Municipality Bans Door-to-Door Water Sales Water

Private water distributors must halt their small-time business of selling drinking water door to door, according to a Phnom Penh Municipality directive that takes effect Jan 15.

The distributors have been banned from buying water from the city, and from selling water to villagers.

Sun Kheng Lim, director of the Phnom Penh Water Supply’s Sales Department, said the order is to protect people’s health, as well as the Water Supply’s credibility, since many private distributors buy clean water from the city and then mix it with well water.

The water is most often delivered by truck to nearby rural areas, such as the city’s Dangkao district or Kandal province’s Takhmau district, where it is sold to villagers who do not have access to water wells or the city’s pipe system.

“We just worry about the people’s health,” Sun Kheng Lim said. “We don’t want them to use our water in such a tricky way with the customers. If we allow them to keep doing so, it will affect our reputation.”

Ek Sun Chan, Phnom Penh Water Supply director general, issued the order Dec 24.

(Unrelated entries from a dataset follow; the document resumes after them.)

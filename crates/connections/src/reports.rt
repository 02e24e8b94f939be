//! Reports on how a server stands, every so often.
ghost use Rattle.std.specs.Prelude.{◌≡◌, ℕ, Bool, List, Option, IfOk};
ghost use Rattle.connections.specs.Telling.{line_text, Report, TellsLines};

use crate::{Connections, Sessions};
use std::alloc::{AllocError, Global};
use std::io::Write;
use textio::write_text;

/// When reports are written.
#[derive(Clone, Copy, Debug, PartialEq, Eq)]
pub(crate) struct Reports {
    /// Every how many milliseconds; 0 for never.
    every: u64,
    /// The time of the next one.
    next: u64,
}

impl Reports {
    pub(crate) fn new(every: u64) -> Self
        ensures { result.every ≡ every }
    {
        Reports { every, next: every }
    }

    /// Writes a report if it is time for one. One that cannot be written, or has no memory, is passed over.
    pub(crate) fn tell<S: Sessions, C: Connections<S>, E: Write>(
        &mut self,
        alloc: Global,
        sessions: &S,
        connections: &C,
        now: u64,
        errors: &mut E,
    )
        ensures every { (self.new).every ≡ (self.old).every }
        ensures lines { (told : Bool) (count : ℕ) (start : Option (List ℕ)) → TellsLines (self.old).every told count start (E.contents errors.old) → TellsLines (self.old).every told count start (E.contents errors.new) }
    {
        if self.every == 0 || now < self.next {
            return;
        }
        self.next = now.saturating_add(self.every);
        if let Ok(line) = report_line(alloc, sessions, connections) {
            let _told = write_text(errors, &line);
        }
    }
}

/// The line of a report: what the sessions say, and what the connections do.
fn report_line<S: Sessions, C: Connections<S>>(
    alloc: Global,
    sessions: &S,
    connections: &C,
) -> Result<Vec<u8>, AllocError>
    ensures { IfOk result (λ line. (words : List ℕ) × (line.items ≡ line_text (Report words))) }
{
    let (answered, open) = (sessions.report(alloc)?, connections.report(alloc)?);
    let mut line = Vec::from_slice(alloc, b"report: ")?;
    line.extend_from_slice(answered.as_bytes())?;
    line.push(b' ')?;
    line.extend_from_slice(open.as_bytes())?;
    line.push(b'\n')?;
    Ok(line)
}
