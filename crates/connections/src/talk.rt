//! What is kept of an open connection. What was read is heard part by part, as long as the output is not full;
//! the rest waits, and nothing is read before it is heard.

ghost use Rattle.std.specs.Prelude.{◌≡◌, ◌≢◌, ◌⊎◌, ◌↔◌, ◌<◌, ◌≤◌, ◌||◌, [], ℕ, length, drop, IsTrue, IfOk, IfErr, Some, true, false};
ghost use Rattle.connections.specs.Rounds.{InRound, offers, was_busy};
ghost use Rattle.connections.specs.Fitting.{Adds, Attends, Hearkens, HearsFrom, IsDone, IsIdleDue, IsJudged, IsStopDue, Judged, KeepsCourse, KeepsTalk, Knows, MayHearFrom};
ghost use Rattle.connections.specs.Histories.{History, Telling, course, or_now, stage};
ghost use Rattle.connections.specs.Pauses.{until_due, until_idle, until_stopped};
ghost use Rattle.connections.specs.Soundness.{Here};
ghost use Rattle.connections.specs.Telling.{lost_by};
ghost use Rattle.connections.specs.declared.loop_limits.TheConstants.{FULL_OUTPUT};

use crate::connections::{Connections, Reading, Writing};
use crate::ending::ending_of;
use crate::loop_limits::{FULL_OUTPUT, KEPT_MILLISECONDS, KEPT_ROOM, LAST_MILLISECONDS};
use crate::{Ending, Sessions};
use std::alloc::Global;
use textio::PIECE_SIZE;

/// An open connection, whose session is open.
#[derive(Drop)]
pub(crate) struct Talk {
    /// What was read and not yet heard.
    input: Vec<u8>,
    /// What was answered and not yet taken.
    output: Vec<u8>,
    /// Since when it is idle, unless something was read from it or taken by it in this round, or it came in it.
    idle_since: Option<u64>,
    /// The peer sends no more.
    is_over: bool,
}

impl Talk {
    /// A connection that was just taken.
    pub(crate) fn new(alloc: Global) -> Self
        ensures empty { (result.input.items ≡ []) × (result.output.items ≡ []) }
        ensures fresh { (result.idle_since ≡ None) × (result.is_over ≡ false) }
    {
        Talk {
            input: Vec::new(alloc),
            output: Vec::new(alloc),
            idle_since: None,
            is_over: false,
        }
    }

    /// A round is over now. It is idle from now on, unless it was so before.
    pub(crate) fn rest(&mut self, now: u64)
        ensures { self.new ≡ record self.old { idle_since = or_now self.old.idle_since now } }
    {
        if self.idle_since.is_none() {
            self.idle_since = Some(now);
        }
    }

    pub(crate) fn has_output(&self) -> bool
        ensures { IsTrue result ↔ (self.now.output.items ≢ []) }
    {
        !self.output.is_empty()
    }

    fn has_room(&self) -> bool
        ensures { IsTrue result ↔ (length self.now.output.items ≤ FULL_OUTPUT) }
    {
        self.output.len() <= FULL_OUTPUT
    }

    /// Whether nothing that was read waits to be heard, more may come, and its answers have room.
    fn may_read(&self) -> bool
        ensures { IsTrue result ↔ ((self.now.input.items ≡ []) × (self.now.is_over ≡ false) × (length self.now.output.items ≤ FULL_OUTPUT)) }
    {
        self.input.is_empty() && !self.is_over && self.has_room()
    }

    /// Has the session hear what waits to be heard, as long as its answers have room. Says whether it heard
    /// anything.
    fn hear_rest<S: Sessions>(&mut self, sessions: &mut S, place: usize) -> Result<bool, Ending>
        ensures hears { Hearkens S.opens S.refuses S.hears S.misses S.ends (λ done. done) place sessions.old (KeepsTalk self.old) result sessions.new (λ _. KeepsTalk self.new) }
        ensures all { IfOk result (λ _. (self.new.input.items ≡ []) ⊎ (FULL_OUTPUT < length self.new.output.items)) }
        ensures nothing { result ≡ Ok false → (self.new ≡ self.old) × (sessions.new ≡ sessions.old) }
    {
        if self.input.is_empty() || !self.has_room() {
            return Ok(false);
        }
        let heard = hear_parts(sessions, place, &self.input, &mut self.output)?;
        drop_front(&mut self.input, heard);
        Ok(true)
    }

    /// Has the session hear bytes that were just read, as long as its answers have room, and keeps the
    /// rest.
    fn hear_new<S: Sessions>(
        &mut self,
        alloc: Global,
        sessions: &mut S,
        place: usize,
        bytes: &[u8],
    ) -> Result<(), Ending>
        requires none { self.old.input.items ≡ [] }
        requires some { MayHearFrom bytes.now self.old.output.items }
        ensures hears { Hearkens S.opens S.refuses S.hears S.misses S.ends (λ _. true) place sessions.old (KeepsCourse bytes.now self.old.output.items self.old.idle_since self.old.is_over) result sessions.new (λ _. KeepsTalk self.new) }
        ensures all { IfOk result (λ _. (self.new.input.items ≡ []) ⊎ (FULL_OUTPUT < length self.new.output.items)) }
    {
        let heard = hear_parts(sessions, place, bytes, &mut self.output)?;
        if heard == bytes.len() {
            return Ok(());
        }
        match Vec::from_slice(alloc, bytes.split_at(heard).1) {
            Ok(rest) => {
                self.input = rest;
                Ok(())
            }
            Err(_) => Err(Ending::Memory),
        }
    }

    /// Reads a piece, if none waits and its answers have room, and has the session hear it. Says whether
    /// anything was done.
    pub(crate) fn attend<S: Sessions, C: Connections<S>>(
        &mut self,
        alloc: Global,
        sessions: &mut S,
        connections: &mut C,
        place: usize,
        room: &mut [u8; PIECE_SIZE],
    ) -> Result<bool, Ending>
        ensures { Attends S.opens S.refuses S.hears S.misses S.ends C.has place connections.old sessions.old self.old result connections.new sessions.new self.new }
    {
        if !self.may_read() {
            return self.hear_rest(sessions, place);
        }
        match connections.read(place, room) {
            Reading::Bytes(count) => {
                self.idle_since = None;
                self.hear_new(alloc, sessions, place, &room[..count])?;
                Ok(true)
            }
            Reading::End => {
                self.is_over = true;
                Ok(true)
            }
            Reading::Wait => Ok(false),
            Reading::Fault => Err(Ending::Fault),
        }
    }

    /// Writes what the connection takes of the output, and says whether it took any.
    fn write<S: Sessions, C: Connections<S>>(
        &mut self,
        connections: &mut C,
        place: usize,
    ) -> Result<bool, Ending>
        requires { self.old.output.items ≢ [] }
        ensures writes { (idle : ℕ) (acts : History) → Knows C.has idle connections.old acts → stage acts ≡ Telling true
            → Here (course acts place) (KeepsTalk self.old)
            → (after : History) × Adds place acts after × Knows C.has idle connections.new after × Judged idle after place result self.new
            × IfOk result (λ done. InRound offers after place × (was_busy after ≡ done || was_busy acts)) }
        ensures other { IfErr result (λ why. lost_by why ≡ 0) }
    {
        match connections.write(place, &self.output) {
            Writing::Took(count) => {
                drop_front(&mut self.output, count);
                self.idle_since = None;
                Ok(true)
            }
            Writing::Wait => Ok(false),
            Writing::Fault => Err(Ending::Fault),
        }
    }

    /// Writes output, if there is any and it may leave. Says whether any left.
    pub(crate) fn tell<S: Sessions, C: Connections<S>>(
        &mut self,
        alloc: Global,
        connections: &mut C,
        place: usize,
        now: u64,
        is_synced: bool,
    ) -> Result<bool, Ending>
        ensures tells { (idle : ℕ) (acts : History) → Knows C.has idle connections.old acts → stage acts ≡ Telling is_synced
            → Here (course acts place) (KeepsTalk self.old)
            → (after : History) × Adds place acts after × Knows C.has idle connections.new after × Judged idle after place result self.new
            × IfOk result (λ done. ((self.new.output.items ≡ []) ⊎ InRound offers after place) × (was_busy after ≡ done || was_busy acts)) }
        ensures unsynced { IfOk result (λ _. is_synced ≡ false → self.new.output.items ≡ []) }
        ensures other { IfErr result (λ why. lost_by why ≡ 0) }
    {
        if self.output.is_empty() {
            let idle = self.idle_since.map_or(0, |since| now.saturating_sub(since));
            give_back(alloc, &mut self.output, idle);
            return Ok(false);
        }
        if !is_synced {
            return Err(Ending::Unsynced);
        }
        self.write(connections, place)
    }

    /// For how many milliseconds the connection may stay as it is, at most so many. It is closed now if it
    /// is done, if it was idle for too long, or if a stop was ordered and it is told or its time is up.
    pub(crate) fn patience(
        &self,
        now: u64,
        idle: u64,
        stopped: Option<u64>,
        most: u64,
    ) -> Result<u64, Ending>
        ensures judged { IsJudged now idle stopped self.now result }
        ensures left { IfOk result (λ left. left ≡ until_due now idle stopped self.now.idle_since most) }
        ensures other { IfErr result (λ why. lost_by why ≡ 0) }
    {
        if self.wants_no_more() {
            return Err(Ending::Done);
        }
        let most = self.patience_of_stop(now, stopped, most)?;
        self.patience_of_idle(now, idle, most)
    }

    /// Whether the peer sends no more, and all is heard and told.
    fn wants_no_more(&self) -> bool
        ensures { IsTrue result ↔ IsDone self.now }
    {
        self.is_over && self.input.is_empty() && self.output.is_empty()
    }

    fn patience_of_stop(&self, now: u64, stopped: Option<u64>, most: u64) -> Result<u64, Ending>
        ensures due { IfErr result (λ why. (why ≡ Ending.Stopped) × IsStopDue now stopped self.now) }
        ensures not_due { IfOk result (λ _. ¬ IsStopDue now stopped self.now) }
        ensures left { IfOk result (λ left. left ≡ until_stopped now stopped most) }
    {
        let Some(then) = stopped else {
            return Ok(most);
        };
        let passed = now.saturating_sub(then);
        if self.output.is_empty() || passed >= LAST_MILLISECONDS {
            return Err(Ending::Stopped);
        }
        Ok(most.min(LAST_MILLISECONDS - passed))
    }

    fn patience_of_idle(&self, now: u64, idle: u64, most: u64) -> Result<u64, Ending>
        ensures due { IfErr result (λ why. (why ≡ Ending.Idle) × IsIdleDue now idle self.now) }
        ensures not_due { IfOk result (λ _. ¬ IsIdleDue now idle self.now) }
        ensures left { IfOk result (λ left. left ≡ until_idle now idle self.now.idle_since most) }
    {
        if idle == 0 {
            return Ok(most);
        }
        let Some(since) = self.idle_since else {
            return Ok(most);
        };
        let passed = now.saturating_sub(since);
        if passed >= idle {
            return Err(Ending::Idle);
        }
        Ok(most.min(idle - passed))
    }
}

/// Has a session hear the next part of the bytes, and says how many bytes the part has.
fn hear_part<S: Sessions>(
    sessions: &mut S,
    place: usize,
    bytes: &[u8],
    output: &mut Vec<u8>,
) -> Result<usize, Ending>
    requires { MayHearFrom bytes.now output.old.items }
    ensures { HearsFrom S.opens S.refuses S.hears S.misses S.ends place sessions.old bytes.now output.old.items result sessions.new output.new.items }
{
    match sessions.hear(place, bytes, output) {
        Ok(count) => Ok(count),
        Err(fault) => Err(ending_of(fault)),
    }
}

/// Has a session hear the bytes, part by part, as long as its answers have room. Returns how many it heard.
fn hear_parts<S: Sessions>(
    sessions: &mut S,
    place: usize,
    bytes: &[u8],
    output: &mut Vec<u8>,
) -> Result<usize, Ending>
    requires { MayHearFrom bytes.now output.old.items }
    ensures hears { HearsFrom S.opens S.refuses S.hears S.misses S.ends place sessions.old bytes.now output.old.items result sessions.new output.new.items }
    ensures all { IfOk result (λ count. (count ≡ length bytes.now) ⊎ (FULL_OUTPUT < length output.new.items)) }
{
    let mut heard = hear_part(sessions, place, bytes, output)?;
    while heard < bytes.len() && output.len() <= FULL_OUTPUT {
        let rest = bytes.split_at(heard).1;
        let count = hear_part(sessions, place, rest, output)?;
        heard += count;
    }
    Ok(heard)
}

/// Drops the first bytes.
fn drop_front(bytes: &mut Vec<u8>, count: usize)
    requires { count ≤ length bytes.old.items }
    ensures { bytes.new.items ≡ drop count bytes.old.items }
{
    let left = bytes.len() - count;
    bytes.copy_within(count.., 0);
    bytes.truncate(left);
}

/// Gives back a large room of a buffer that has been empty for so many milliseconds, unless these are few.
fn give_back(alloc: Global, bytes: &mut Vec<u8>, since: u64)
    requires { bytes.old.items ≡ [] }
    ensures { bytes.new.items ≡ [] }
{
    if since >= KEPT_MILLISECONDS && bytes.capacity() > KEPT_ROOM {
        *bytes = Vec::new(alloc);
    }
}
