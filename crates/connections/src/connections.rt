ghost use Rattle.std.specs.Prelude.{◌≡◌, ◌≤◌, ◌∷◌, ℕ, List, true, false, take, length};
ghost use Rattle.connections.specs.Histories.{Act, At, Deed, Ordered, GoesOn, IsOfSession, Leads, Syncs, NoneWaits, On, Comes, Reads, IsOver, IsSilent, Takes, TakesNone, Fails, Closes};

use crate::{Ending, Sessions};
use std::alloc::{AllocError, Global};

/// What a read of a connection gave.
#[derive(Clone, Copy, Debug, PartialEq, Eq)]
pub enum Reading {
    /// So many bytes, at least one, at the front of the room.
    Bytes(usize),
    /// The peer sends no more.
    End,
    /// Nothing has come since the last read.
    Wait,
    /// The connection failed.
    Fault,
}

/// What a write to a connection did.
#[derive(Clone, Copy, Debug, PartialEq, Eq)]
pub enum Writing {
    /// It took so many of the first bytes, at least one.
    Took(usize),
    /// It takes nothing now.
    Wait,
    /// The connection failed.
    Fault,
}

/// Connections, each in a place of its own, which is free until one is taken there. No call but `wait`
/// waits for a peer, and none but `sync` for a disk.
///
/// `wait`, `is_stopped`, `close` and `sync` are passed the sessions. Their clauses hold of a history that leads to
/// the sessions as they are then, so what was done to sessions before such a call stands before its act. The type
/// of the sessions is a parameter of the trait, so that code which is generic over both cannot pass sessions of
/// a type of its own. `take`, `read` and `write` are not passed them, and say nothing of how what was done to
/// sessions stands to their acts: what they read and write depends on what the sessions heard and answered.
pub trait Connections<S: Sessions> {
    // These acts have happened, the latest first. Of what happens to sessions it says nothing.
    ghost has: { Self → List Act → Type 0 };

    /// Waits until a connection may be taken, read or written, or a stop may have been ordered, but for
    /// at most so many milliseconds. Returns the time, in milliseconds since some start.
    fn wait(&mut self, sessions: &S, most: u64) -> u64
        ensures { (start : S) (acts : List Act) → Leads S.opens S.refuses S.hears S.misses S.ends start acts sessions.now → has self.old acts → has self.new (At most result ∷ acts) };

    /// Whether a stop has been ordered.
    fn is_stopped(&mut self, sessions: &S) -> bool
        ensures yes { result ≡ true → (start : S) (acts : List Act) → Leads S.opens S.refuses S.hears S.misses S.ends start acts sessions.now → has self.old acts → has self.new (Ordered ∷ acts) }
        ensures no { result ≡ false → (start : S) (acts : List Act) → Leads S.opens S.refuses S.hears S.misses S.ends start acts sessions.now → has self.old acts → has self.new (GoesOn ∷ acts) };

    /// Takes the next connection, if one waits and can be taken now, into a free place.
    fn take(&mut self, place: usize) -> bool
        ensures yes { result ≡ true → (acts : List Act) → has self.old acts → has self.new (On place Comes ∷ acts) }
        ensures no { result ≡ false → (acts : List Act) → has self.old acts → has self.new (NoneWaits ∷ acts) };

    /// Reads some bytes from the connection at a place.
    fn read(&mut self, place: usize, room: &mut [u8]) -> Reading
        ensures room { length room.new ≡ length room.old }
        ensures count { (count : ℕ) → result ≡ Reading.Bytes count → (1 ≤ count) × (count ≤ length room.new) }
        ensures bytes { (count : ℕ) → result ≡ Reading.Bytes count
            → (acts : List Act) → has self.old acts → has self.new (On place (Reads (take count room.new)) ∷ acts) }
        ensures end { result ≡ Reading.End → (acts : List Act) → has self.old acts → has self.new (On place IsOver ∷ acts) }
        ensures wait { result ≡ Reading.Wait → (acts : List Act) → has self.old acts → has self.new (On place IsSilent ∷ acts) }
        ensures fault { result ≡ Reading.Fault → (acts : List Act) → has self.old acts → has self.new (On place Fails ∷ acts) };

    /// Writes some of the bytes to the connection at a place.
    fn write(&mut self, place: usize, bytes: &[u8]) -> Writing
        ensures count { (count : ℕ) → result ≡ Writing.Took count → (1 ≤ count) × (count ≤ length bytes.now) }
        ensures bytes { (count : ℕ) → result ≡ Writing.Took count
            → (acts : List Act) → has self.old acts → has self.new (On place (Takes (take count bytes.now)) ∷ acts) }
        ensures wait { result ≡ Writing.Wait → (acts : List Act) → has self.old acts → has self.new (On place TakesNone ∷ acts) }
        ensures fault { result ≡ Writing.Fault → (acts : List Act) → has self.old acts → has self.new (On place Fails ∷ acts) };

    /// Closes the connection at a place, which is free again.
    fn close(&mut self, sessions: &S, place: usize, why: Ending)
        ensures { (start : S) (acts : List Act) → Leads S.opens S.refuses S.hears S.misses S.ends start acts sessions.now → has self.old acts → has self.new (On place (Closes why) ∷ acts) };

    /// Puts on its disk what the answers so far tell of, and says whether it is there.
    fn sync(&mut self, sessions: &S) -> bool
        ensures { (start : S) (acts : List Act) → Leads S.opens S.refuses S.hears S.misses S.ends start acts sessions.now → has self.old acts → has self.new (Syncs result ∷ acts) };

    /// Says how many are open, for a report, and what else it knows, in words `key=value`. No clause speaks of them.
    fn report(&self, alloc: Global) -> Result<String, AllocError>;

    // What happens to a session leaves the connections as they are.
    ghost passes: { (connections : Self) (acts : List Act) (place : ℕ) (deed : Deed) → IsOfSession deed → has connections acts → has connections (On place deed ∷ acts) };
}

Several distributors called the order a type of “dictatorship” that will deprive poor people in re­mote villages access to clean water.

Water truck driver Mak Samnang said he has never cheated his customers. Buyers easily know about the water’s quality just by looking at it, he said.

Another distributor, Hong Im, said he is not only worried about his business, but also about his family’s ability to find good water.

Two years ago, he lived in one of the squatter communities in the center of Phnom Penh. A series of fires destroyed many of those shanty communities, and authorities relocated families such as Hong Im’s to the rural areas of the city, such as Krang Thnong commune in Dangkao.

An NGO built two water wells for villagers in the commune’s Krang Angkrang village. But one broke down, and the other is insufficient to supply all of the village’s 300 families.

Because of the order, Hong Im said he might have to find water from ponds, “even if it is not safe enough for people.” One way or another, “we have to provide for people,” he said.

Some villagers complained they spend 30,000 riel (about $7.50) per month to buy the privately distributed water—a large expense they would not have in the city, where water is cheap.

Sun Kheng Lim said the city plans to lay more water pipes that will extend access to clean—and less pricey—water to 80 percent of Phnom Penh residents. About 1,000 km of new water pipes should be built by 2007, he said.

In the meantime, he said, villagers in remote areas of the city can request special distributions from Water Supply authorities.